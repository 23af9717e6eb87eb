// Why parameters are not set.
ghost use Rattle.std.specs.Prelude.{◌≡◌};
ghost use Rattle.param_flow.specs.declared.param_error.ParamError.TheVariants as error;

use text_kit::OutOfMemory;

/// Why a parameter is not set.
#[derive(Clone, Copy, Debug, PartialEq, Eq)]
pub enum ParamError {
    /// No parameter has the name.
    NoSuchName,
    /// It has an expression or is a selection.
    Computed,
    /// Memory was refused.
    Memory,
}

impl From<OutOfMemory> for ParamError {
    ghost from_gives = { λ _ e. e ≡ error.Memory };

    fn from(_: OutOfMemory) -> ParamError {
        ParamError::Memory
    }
}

Instructions for the task: Exactly as written, transcribe every line shown above.

Answer to this exercise:
repository 23af9717e6eb87eb
// Why parameters are not set.
ghost use Rattle.std.specs.Prelude.{◌≡◌};
ghost use Rattle.param_flow.specs.declared.param_error.ParamError.TheVariants as error;

use text_kit::OutOfMemory;

/// Why a parameter is not set.
#[derive(Clone, Copy, Debug, PartialEq, Eq)]
pub enum ParamError {
    /// No parameter has the name.
    NoSuchName,
    /// It has an expression or is a selection.
    Computed,
    /// Memory was refused.
    Memory,
}

impl From<OutOfMemory> for ParamError {
    ghost from_gives = { λ _ e. e ≡ error.Memory };

    fn from(_: OutOfMemory) -> ParamError {
        ParamError::Memory
    }
}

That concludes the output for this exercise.